──────── RECORDS FOR PROCESSING

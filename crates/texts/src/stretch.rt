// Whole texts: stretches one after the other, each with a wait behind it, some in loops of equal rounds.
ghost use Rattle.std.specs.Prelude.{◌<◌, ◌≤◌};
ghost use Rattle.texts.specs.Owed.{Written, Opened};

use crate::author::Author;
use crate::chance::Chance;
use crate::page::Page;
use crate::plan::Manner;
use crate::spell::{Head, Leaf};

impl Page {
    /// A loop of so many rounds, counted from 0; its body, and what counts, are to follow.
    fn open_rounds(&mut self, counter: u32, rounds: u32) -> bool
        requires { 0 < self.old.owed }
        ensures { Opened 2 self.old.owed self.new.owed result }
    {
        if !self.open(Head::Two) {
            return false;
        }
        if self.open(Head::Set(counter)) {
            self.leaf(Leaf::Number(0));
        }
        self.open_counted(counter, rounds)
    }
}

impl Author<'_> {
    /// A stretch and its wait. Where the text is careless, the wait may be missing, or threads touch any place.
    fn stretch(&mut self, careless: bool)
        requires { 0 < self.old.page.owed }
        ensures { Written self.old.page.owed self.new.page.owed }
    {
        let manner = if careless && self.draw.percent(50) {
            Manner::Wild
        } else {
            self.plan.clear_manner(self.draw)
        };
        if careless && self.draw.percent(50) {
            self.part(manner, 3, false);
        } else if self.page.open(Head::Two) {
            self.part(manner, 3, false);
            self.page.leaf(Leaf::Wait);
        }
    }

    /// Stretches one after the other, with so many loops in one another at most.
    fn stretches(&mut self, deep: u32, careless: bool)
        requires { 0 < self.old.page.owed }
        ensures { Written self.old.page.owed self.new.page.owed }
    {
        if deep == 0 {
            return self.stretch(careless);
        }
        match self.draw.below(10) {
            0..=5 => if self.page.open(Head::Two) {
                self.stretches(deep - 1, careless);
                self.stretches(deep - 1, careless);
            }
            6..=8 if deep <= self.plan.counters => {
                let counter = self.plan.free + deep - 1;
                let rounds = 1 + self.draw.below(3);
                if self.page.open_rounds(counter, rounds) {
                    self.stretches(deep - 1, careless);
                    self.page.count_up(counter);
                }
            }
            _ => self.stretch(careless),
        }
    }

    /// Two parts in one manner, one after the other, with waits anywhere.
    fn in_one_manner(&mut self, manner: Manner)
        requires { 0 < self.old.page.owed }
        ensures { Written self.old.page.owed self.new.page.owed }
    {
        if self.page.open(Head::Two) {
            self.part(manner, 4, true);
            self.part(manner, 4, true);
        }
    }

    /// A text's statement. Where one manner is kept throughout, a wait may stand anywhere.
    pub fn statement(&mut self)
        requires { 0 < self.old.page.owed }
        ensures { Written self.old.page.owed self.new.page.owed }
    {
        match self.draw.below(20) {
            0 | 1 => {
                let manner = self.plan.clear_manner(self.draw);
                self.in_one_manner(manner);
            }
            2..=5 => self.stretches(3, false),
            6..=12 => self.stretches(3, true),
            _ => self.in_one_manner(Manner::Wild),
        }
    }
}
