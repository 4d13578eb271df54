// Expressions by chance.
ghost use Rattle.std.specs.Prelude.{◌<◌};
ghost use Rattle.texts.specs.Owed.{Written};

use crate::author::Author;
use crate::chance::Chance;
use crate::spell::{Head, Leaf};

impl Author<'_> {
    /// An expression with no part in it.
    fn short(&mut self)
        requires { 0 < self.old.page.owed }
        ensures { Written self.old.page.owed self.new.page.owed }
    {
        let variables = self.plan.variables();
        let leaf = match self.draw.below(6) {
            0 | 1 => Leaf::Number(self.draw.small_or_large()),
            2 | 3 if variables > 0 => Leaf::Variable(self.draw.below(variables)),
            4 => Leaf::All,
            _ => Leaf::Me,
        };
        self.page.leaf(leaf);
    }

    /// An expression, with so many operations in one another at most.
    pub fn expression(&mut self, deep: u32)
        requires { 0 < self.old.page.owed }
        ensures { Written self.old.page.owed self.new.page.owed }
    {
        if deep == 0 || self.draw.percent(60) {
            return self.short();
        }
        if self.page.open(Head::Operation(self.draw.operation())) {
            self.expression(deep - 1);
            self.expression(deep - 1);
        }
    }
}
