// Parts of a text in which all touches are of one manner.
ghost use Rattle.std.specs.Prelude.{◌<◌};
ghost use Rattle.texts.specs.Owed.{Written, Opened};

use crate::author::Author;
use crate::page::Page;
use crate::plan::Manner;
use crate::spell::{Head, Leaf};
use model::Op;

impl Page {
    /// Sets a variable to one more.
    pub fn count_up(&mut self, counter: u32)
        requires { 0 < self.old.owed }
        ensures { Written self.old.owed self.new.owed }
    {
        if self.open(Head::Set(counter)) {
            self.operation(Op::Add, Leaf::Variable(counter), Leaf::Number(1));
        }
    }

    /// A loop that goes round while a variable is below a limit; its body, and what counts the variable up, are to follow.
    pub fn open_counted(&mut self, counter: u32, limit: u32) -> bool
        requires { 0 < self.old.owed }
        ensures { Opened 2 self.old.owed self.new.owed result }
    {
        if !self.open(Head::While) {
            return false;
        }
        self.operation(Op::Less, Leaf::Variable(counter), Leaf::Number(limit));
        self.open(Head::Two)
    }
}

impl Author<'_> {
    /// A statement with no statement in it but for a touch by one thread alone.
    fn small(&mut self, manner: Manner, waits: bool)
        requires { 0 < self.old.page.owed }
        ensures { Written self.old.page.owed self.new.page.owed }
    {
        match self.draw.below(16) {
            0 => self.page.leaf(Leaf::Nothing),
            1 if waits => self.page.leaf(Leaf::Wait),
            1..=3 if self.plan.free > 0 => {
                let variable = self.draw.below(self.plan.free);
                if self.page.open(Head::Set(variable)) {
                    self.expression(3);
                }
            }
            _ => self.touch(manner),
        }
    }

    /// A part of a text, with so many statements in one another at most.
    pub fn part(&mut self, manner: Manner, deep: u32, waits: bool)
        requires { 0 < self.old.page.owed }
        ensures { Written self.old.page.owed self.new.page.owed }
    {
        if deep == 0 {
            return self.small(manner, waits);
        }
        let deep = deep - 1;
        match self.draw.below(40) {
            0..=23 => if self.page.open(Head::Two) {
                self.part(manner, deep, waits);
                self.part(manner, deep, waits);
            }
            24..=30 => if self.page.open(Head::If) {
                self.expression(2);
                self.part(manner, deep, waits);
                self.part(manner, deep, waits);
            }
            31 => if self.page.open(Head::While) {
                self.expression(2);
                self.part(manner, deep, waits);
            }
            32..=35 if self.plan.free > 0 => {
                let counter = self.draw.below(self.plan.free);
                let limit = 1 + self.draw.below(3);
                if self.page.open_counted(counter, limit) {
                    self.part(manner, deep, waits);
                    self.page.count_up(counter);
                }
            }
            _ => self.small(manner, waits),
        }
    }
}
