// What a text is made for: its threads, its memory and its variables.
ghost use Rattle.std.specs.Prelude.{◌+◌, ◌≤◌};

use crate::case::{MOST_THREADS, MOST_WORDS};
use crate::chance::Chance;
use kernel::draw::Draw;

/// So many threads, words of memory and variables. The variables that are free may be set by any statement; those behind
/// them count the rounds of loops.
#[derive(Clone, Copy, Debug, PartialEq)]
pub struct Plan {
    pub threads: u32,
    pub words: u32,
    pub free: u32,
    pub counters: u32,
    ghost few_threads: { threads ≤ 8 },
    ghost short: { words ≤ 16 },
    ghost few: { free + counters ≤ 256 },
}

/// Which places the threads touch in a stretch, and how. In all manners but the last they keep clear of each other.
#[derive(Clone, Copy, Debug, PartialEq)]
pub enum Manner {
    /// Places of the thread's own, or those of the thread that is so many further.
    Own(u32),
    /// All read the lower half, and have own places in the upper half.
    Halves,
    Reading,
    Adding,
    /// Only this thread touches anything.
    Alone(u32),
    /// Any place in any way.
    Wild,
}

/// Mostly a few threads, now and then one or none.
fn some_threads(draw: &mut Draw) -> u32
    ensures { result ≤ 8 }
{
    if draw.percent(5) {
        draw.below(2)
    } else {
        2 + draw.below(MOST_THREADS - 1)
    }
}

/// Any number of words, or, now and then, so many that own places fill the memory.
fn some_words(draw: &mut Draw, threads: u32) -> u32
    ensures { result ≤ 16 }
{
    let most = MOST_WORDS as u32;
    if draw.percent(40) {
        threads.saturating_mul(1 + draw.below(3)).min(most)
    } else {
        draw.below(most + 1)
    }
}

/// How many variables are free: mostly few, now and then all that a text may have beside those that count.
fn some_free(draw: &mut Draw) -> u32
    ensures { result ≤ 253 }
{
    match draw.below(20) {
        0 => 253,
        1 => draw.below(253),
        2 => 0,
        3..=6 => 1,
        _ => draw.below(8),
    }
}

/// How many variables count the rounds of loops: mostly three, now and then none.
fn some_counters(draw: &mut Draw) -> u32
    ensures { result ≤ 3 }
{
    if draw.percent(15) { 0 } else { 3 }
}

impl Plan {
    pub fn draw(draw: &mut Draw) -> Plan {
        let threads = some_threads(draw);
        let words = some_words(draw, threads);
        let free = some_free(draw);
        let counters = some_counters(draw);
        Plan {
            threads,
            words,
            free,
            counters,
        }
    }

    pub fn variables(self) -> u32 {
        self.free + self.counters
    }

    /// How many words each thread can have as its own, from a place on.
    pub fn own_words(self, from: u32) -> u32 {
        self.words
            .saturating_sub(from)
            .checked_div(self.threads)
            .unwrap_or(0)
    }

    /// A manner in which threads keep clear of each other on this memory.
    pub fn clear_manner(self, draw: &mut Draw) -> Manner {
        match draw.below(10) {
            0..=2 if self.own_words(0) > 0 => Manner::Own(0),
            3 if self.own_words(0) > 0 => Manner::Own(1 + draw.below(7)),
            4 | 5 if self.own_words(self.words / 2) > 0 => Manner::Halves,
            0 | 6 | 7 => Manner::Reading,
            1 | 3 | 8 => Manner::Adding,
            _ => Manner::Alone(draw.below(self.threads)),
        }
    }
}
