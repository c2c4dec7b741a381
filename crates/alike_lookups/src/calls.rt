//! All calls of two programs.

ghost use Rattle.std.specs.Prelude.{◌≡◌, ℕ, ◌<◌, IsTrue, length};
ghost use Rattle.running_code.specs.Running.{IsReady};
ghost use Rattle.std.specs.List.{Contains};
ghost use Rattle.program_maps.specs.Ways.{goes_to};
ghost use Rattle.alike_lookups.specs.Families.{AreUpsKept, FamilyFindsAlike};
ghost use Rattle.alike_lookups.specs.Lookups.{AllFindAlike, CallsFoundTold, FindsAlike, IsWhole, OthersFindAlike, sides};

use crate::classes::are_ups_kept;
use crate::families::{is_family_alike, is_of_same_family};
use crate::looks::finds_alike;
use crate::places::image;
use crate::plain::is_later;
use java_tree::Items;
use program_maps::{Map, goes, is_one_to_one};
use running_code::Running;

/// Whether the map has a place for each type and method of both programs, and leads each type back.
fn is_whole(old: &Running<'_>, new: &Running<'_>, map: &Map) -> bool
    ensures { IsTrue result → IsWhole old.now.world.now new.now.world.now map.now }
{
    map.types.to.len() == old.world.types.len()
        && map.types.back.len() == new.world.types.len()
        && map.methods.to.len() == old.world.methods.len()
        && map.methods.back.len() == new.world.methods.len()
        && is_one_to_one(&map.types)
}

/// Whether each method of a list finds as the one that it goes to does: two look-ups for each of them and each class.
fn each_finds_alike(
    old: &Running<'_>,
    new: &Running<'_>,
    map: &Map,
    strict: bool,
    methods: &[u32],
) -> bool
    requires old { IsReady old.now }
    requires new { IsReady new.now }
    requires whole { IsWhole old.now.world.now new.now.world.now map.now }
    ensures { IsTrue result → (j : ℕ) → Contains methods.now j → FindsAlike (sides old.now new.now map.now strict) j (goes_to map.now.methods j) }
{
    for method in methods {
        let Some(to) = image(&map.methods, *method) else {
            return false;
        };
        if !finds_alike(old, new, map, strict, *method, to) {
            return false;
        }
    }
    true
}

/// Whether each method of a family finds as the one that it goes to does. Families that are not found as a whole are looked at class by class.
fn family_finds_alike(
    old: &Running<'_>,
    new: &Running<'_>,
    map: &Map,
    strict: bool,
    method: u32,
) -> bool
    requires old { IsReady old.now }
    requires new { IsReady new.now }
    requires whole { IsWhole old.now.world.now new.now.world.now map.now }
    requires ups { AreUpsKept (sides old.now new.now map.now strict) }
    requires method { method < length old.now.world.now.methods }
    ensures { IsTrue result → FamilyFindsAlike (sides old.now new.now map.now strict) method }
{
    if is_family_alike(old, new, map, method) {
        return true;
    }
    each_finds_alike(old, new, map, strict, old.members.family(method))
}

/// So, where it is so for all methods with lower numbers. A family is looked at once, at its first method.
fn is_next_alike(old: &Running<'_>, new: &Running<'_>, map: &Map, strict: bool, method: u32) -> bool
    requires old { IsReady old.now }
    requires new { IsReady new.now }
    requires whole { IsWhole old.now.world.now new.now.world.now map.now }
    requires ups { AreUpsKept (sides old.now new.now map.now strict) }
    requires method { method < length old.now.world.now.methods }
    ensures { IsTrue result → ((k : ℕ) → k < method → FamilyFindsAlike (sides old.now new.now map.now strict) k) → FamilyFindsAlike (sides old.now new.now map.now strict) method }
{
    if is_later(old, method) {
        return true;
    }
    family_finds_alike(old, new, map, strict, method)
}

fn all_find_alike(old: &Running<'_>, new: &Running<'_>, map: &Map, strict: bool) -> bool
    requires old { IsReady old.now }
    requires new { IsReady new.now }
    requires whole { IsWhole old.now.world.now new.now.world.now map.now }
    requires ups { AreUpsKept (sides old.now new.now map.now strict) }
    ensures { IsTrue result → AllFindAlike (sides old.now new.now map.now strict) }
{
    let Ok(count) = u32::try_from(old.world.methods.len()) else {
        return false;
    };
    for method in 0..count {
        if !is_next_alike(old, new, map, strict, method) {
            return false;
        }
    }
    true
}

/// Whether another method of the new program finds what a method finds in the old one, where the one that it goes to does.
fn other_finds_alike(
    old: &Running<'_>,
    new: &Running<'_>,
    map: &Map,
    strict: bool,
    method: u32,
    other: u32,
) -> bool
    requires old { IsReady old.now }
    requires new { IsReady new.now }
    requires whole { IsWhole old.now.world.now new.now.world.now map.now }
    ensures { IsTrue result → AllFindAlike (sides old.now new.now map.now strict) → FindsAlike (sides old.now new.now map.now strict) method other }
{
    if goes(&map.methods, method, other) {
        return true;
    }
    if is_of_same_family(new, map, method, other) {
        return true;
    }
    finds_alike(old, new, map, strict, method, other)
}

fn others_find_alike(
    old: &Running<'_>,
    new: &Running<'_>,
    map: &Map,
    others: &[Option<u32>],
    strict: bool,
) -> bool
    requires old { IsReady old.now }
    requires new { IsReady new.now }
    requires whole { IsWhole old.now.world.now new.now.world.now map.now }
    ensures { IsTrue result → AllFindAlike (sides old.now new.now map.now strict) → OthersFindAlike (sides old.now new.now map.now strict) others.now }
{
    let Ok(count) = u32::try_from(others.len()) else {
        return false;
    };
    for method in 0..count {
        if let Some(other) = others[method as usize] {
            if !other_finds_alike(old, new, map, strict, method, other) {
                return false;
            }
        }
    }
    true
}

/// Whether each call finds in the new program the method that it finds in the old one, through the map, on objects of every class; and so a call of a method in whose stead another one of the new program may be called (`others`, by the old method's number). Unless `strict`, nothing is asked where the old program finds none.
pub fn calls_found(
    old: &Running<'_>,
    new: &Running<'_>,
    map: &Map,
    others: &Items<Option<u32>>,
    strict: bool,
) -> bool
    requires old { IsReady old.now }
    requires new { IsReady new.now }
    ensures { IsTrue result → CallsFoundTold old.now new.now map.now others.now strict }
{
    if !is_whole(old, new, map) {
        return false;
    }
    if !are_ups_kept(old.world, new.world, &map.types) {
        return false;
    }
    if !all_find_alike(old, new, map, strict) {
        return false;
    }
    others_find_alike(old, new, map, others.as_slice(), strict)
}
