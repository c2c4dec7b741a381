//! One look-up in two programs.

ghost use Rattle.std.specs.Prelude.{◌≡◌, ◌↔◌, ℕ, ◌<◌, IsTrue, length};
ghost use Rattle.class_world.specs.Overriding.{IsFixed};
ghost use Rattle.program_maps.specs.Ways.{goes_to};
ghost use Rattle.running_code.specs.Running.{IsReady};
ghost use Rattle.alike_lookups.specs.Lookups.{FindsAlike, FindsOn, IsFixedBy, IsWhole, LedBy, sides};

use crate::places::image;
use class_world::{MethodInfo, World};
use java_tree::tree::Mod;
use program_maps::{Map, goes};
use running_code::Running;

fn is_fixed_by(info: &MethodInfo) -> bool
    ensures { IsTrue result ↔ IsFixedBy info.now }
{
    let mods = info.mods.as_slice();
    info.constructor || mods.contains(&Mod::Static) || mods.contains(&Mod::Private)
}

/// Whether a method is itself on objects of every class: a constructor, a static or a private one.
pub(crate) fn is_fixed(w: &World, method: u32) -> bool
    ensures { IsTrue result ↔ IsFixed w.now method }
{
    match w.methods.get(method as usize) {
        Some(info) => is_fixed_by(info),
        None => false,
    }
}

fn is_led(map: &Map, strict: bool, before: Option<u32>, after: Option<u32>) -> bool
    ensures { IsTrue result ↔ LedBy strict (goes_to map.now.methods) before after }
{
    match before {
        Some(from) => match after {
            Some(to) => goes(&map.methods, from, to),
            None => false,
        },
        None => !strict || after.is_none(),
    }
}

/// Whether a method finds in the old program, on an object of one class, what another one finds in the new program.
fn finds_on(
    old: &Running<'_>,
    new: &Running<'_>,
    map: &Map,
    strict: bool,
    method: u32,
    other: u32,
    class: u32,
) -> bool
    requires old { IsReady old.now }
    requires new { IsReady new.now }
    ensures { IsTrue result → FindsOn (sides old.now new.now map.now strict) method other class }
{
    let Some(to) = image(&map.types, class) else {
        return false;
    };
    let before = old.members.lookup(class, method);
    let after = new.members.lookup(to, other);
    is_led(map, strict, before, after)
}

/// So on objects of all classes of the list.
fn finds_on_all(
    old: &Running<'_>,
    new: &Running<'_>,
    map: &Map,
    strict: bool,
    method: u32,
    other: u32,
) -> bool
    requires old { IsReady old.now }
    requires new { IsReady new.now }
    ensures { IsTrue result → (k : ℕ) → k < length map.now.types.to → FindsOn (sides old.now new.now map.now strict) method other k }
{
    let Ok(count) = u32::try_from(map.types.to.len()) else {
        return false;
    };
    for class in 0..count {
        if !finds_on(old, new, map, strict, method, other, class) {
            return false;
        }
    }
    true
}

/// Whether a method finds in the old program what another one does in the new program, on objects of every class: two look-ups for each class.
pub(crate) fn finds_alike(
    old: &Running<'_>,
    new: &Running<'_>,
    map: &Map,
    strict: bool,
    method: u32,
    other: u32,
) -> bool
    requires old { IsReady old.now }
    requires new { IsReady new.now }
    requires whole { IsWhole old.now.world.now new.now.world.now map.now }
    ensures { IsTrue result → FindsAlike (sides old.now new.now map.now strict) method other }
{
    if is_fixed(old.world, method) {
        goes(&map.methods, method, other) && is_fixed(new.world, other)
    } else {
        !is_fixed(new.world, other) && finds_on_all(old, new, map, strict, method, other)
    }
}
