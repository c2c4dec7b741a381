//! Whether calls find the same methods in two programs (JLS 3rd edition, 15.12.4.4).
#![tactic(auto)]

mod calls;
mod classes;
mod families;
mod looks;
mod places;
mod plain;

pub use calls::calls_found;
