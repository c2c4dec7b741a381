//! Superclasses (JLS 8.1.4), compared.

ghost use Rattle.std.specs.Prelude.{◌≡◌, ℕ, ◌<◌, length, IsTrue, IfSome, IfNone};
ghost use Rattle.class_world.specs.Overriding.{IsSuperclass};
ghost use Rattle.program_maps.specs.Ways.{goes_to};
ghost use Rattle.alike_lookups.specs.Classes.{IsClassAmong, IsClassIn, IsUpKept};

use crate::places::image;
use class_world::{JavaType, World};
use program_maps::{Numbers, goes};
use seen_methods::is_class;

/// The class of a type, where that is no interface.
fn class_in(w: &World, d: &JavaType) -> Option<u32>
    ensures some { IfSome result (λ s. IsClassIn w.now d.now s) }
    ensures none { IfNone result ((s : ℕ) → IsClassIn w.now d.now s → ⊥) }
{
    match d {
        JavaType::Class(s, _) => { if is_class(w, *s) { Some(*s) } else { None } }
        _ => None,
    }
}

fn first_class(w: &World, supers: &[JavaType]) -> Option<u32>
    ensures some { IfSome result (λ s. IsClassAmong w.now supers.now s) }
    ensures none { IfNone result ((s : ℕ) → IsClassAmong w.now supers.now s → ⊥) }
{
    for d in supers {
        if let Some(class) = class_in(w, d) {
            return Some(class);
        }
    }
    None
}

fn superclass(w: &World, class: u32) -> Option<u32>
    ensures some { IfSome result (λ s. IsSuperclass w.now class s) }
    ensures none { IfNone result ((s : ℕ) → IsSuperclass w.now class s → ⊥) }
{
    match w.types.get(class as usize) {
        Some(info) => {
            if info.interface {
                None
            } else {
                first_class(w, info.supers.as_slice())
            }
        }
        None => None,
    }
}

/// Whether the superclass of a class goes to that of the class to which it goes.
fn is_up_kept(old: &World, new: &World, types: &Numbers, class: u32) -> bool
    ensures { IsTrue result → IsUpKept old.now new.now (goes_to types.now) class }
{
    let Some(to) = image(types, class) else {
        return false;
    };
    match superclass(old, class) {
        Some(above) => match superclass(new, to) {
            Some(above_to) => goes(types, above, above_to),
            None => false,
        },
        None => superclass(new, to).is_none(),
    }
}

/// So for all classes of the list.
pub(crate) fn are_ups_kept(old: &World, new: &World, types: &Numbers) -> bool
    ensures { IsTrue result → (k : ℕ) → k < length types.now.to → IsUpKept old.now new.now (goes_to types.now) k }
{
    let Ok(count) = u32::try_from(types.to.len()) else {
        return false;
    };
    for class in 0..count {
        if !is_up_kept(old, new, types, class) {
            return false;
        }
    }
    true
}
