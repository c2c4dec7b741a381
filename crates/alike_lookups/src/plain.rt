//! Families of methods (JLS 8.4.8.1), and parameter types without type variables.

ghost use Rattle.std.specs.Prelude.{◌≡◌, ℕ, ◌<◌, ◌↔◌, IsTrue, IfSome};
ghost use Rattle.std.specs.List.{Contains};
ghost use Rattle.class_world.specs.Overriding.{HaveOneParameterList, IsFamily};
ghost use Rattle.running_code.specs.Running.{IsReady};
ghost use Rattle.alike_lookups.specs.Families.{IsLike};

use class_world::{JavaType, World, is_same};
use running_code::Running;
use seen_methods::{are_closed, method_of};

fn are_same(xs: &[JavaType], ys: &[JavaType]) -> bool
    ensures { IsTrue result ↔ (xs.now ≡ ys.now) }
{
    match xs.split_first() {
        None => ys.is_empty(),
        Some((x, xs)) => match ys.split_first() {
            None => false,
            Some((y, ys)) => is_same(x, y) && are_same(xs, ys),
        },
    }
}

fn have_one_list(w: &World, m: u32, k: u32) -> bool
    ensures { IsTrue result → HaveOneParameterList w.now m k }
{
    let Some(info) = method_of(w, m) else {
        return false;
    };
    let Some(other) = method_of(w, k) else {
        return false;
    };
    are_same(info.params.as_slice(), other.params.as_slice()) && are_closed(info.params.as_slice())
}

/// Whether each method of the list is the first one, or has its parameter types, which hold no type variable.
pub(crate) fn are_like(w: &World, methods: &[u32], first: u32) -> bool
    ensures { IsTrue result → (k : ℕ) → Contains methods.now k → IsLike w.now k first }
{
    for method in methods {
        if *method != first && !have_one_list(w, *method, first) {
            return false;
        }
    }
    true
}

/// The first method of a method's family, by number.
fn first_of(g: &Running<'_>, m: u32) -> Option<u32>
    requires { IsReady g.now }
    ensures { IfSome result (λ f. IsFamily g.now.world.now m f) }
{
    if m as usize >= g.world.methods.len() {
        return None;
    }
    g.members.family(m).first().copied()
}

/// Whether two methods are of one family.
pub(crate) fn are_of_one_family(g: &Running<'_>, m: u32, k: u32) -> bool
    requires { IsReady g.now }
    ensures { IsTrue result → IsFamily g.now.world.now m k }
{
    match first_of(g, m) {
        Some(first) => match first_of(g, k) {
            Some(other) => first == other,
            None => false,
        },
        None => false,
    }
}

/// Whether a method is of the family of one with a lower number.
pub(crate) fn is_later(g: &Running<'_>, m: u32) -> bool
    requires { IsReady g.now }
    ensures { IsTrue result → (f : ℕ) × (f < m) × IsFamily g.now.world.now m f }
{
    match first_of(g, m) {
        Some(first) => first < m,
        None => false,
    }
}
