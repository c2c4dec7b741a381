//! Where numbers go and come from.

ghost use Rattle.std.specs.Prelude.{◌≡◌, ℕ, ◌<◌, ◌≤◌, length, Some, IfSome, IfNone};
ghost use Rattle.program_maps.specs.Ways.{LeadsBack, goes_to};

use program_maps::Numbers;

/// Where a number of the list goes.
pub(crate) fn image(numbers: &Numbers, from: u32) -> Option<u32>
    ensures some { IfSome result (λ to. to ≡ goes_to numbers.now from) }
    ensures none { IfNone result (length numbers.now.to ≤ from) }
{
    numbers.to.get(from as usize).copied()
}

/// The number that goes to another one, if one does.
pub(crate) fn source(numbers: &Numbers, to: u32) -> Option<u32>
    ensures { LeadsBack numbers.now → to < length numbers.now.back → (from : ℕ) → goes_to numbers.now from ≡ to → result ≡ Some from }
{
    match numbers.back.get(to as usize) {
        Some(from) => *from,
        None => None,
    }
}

────────────────

### WHAT THE EXERCISE ASKS:
Transcribe verbatim. Cover the lines from the first line of the entries above to the line containing "fn stretch(&mut self, careless: bool)", inclusive.

### TASK RESPONSE:
filename crates/texts/src/stretch.rt
// Whole texts: stretches one after the other, each with a wait behind it, some in loops of equal rounds.
ghost use Rattle.std.specs.Prelude.{◌<◌, ◌≤◌};
ghost use Rattle.texts.specs.Owed.{Written, Opened};

use crate::author::Author;
use crate::chance::Chance;
use crate::page::Page;
use crate::plan::Manner;
use crate::spell::{Head, Leaf};

impl Page {
    /// A loop of so many rounds, counted from 0; its body, and what counts, are to follow.
    fn open_rounds(&mut self, counter: u32, rounds: u32) -> bool
        requires { 0 < self.old.owed }
        ensures { Opened 2 self.old.owed self.new.owed result }
    {
        if !self.open(Head::Two) {
            return false;
        }
        if self.open(Head::Set(counter)) {
            self.leaf(Leaf::Number(0));
        }
        self.open_counted(counter, rounds)
    }
}

impl Author<'_> {
    /// A stretch and its wait. Where the text is careless, the wait may be missing, or threads touch any place.
    fn stretch(&mut self, careless: bool)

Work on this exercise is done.